# yellow plants



## finfollower (May 27, 2004)

So, I've had my 10 gal planted for about 2 weeks now. Some plantlets have started to grow on one of my java fern leaves, but I've also noticed that my java ferns look terrible. The leaves are becoming semi-transparent/yellowish and have lots of dark patches on them. Also, on my petite anubias I've noticed that some of the leaves that are at the bottom of the bunch near the rhizome and under a few of the other leaves, are turning yellow. How can I correct this? Here are pics of them.
java fern:









anubias:


----------



## John N. (Dec 11, 2005)

Are you adding a fertilzers of any sort, though generally you wouldn't need to with these plants. 

They could just be adjusting to your new tank, and the changing water conditions and lighting conditions. If so new growth should come out looking normal.

-John N.


----------



## finfollower (May 27, 2004)

yeah, i'm using a dose of flourish twice a week and 2x dose of excel every other day. And I've also upped my lighting to 4wpg with 2 20W CF bulbs (yay wal-mart). so maybe that could be it.


----------



## John N. (Dec 11, 2005)

Now that you mentioned lighting. I had nice green leafy Java fern that I moved into a higher light tank 3.5+ wpg, from 2.0 wpg. In the new tank, the leaves started to turn yellow, brown, and overall just began rotting. I didn't want to see my java fern turn to mush, so after two weeks under high light, I moved it back and now it's back to normal, and lush green. I removed the dead dying leaves, and then leaves popped back ever so slowly. So I'm leaning towards the light.

-John N.


----------



## finfollower (May 27, 2004)

welllll....i dunno what I should do now. I don't want to go back to my old lighting because it has a really low color temp of 2760K and a trip to wal-mart is 30 mins away and gas is crazy expensive as my parents don't pay for my gas anymore . Maybe I could put one bulb the 20W CF and the other my 13W CF (2760K), but I doubt that would work as only one side of my tank would get the 6700K light and one side would get the lower temp.


----------



## finfollower (May 27, 2004)

I think the problem with my plants are that they aren't getting enough nutrients cause of the increased lighting according to this site:
http://www.csd.net/~cgadd/aqua/art_plant_nutrient.htm


----------



## John N. (Dec 11, 2005)

The extra lighting does increase the plant metabolism and makes it hunger for additional nutrients. So you're right, adding additional nutrients would benefit the plants. During this, I wouldn't stagger the light bulbs with different watts in your case. One side of the tank will continue have problems, since the bulbs are localized. 

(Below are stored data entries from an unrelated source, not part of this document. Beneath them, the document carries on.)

ghost use Rattle.std.specs.Prelude.{◌≡◌, IfOk};
ghost use Rattle.serde_json.specs.View.{view};
ghost use Rattle.serde_json.specs.Written.{compact_text};
ghost use Rattle.pf_full.specs.Full.{settings_data};

use pf_scenario::settings::Settings;
use serde_json::{Value, json};
use std::alloc::{AllocError, Global};

/// Settings, with so many slots between checkpoints, as an object.
fn settings_value(alloc: Global, settings: Settings, every: u64) -> Result<Value, AllocError>
    ensures { IfOk result (λ v. view v ≡ settings_data every settings) }
{
    json!(in alloc; {
        "base": settings.base().get(),
        "cap": settings.cap(),
        "every": every,
        "horizon": settings.horizon(),
        "processors": settings.processors()
    })
}

/// The text of the object.
pub(crate) fn settings_text(
    alloc: Global,
    settings: Settings,
    every: u64,
) -> Result<Vec<u8>, AllocError>
    ensures { IfOk result (λ text. text.items ≡ compact_text (settings_data every settings)) }
{
    settings_value(alloc, settings, every)?.to_vec(alloc)
}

Specific ferts: additional KNO3 and Trace elements will help remedy the nutrient deficiency. Good Luck. 

-John N.


----------



## Bert H (Mar 2, 2004)

At 4wpg you need some sort of carbon supplementation, be it with CO2, or Excel. I didn't see in your posts whether this is so or not. Keep in mind high light is like a race car - everything needs to run smoothly or you end up against the wall.


----------



## finfollower (May 27, 2004)

yeah, i'm overdosing excel by twice the recommended dosage. should I dose more? Also, I am using just normal Flourish about twice a week. According to the site I have iron and/or potassium and nitrogen deficiencies. thanks for the advice guys.


----------



## Bert H (Mar 2, 2004)

Unless you're dealing with algae issues, I see no need to od Excel, just dose according to directions and it's fine for carbon supplementation. As you have discovered, you do need to dose the macro elements to your tanks along with the micros, which you are adding with the Flourish. Check out the sticky in the fert forum for some basic guidelines to start you out with.


----------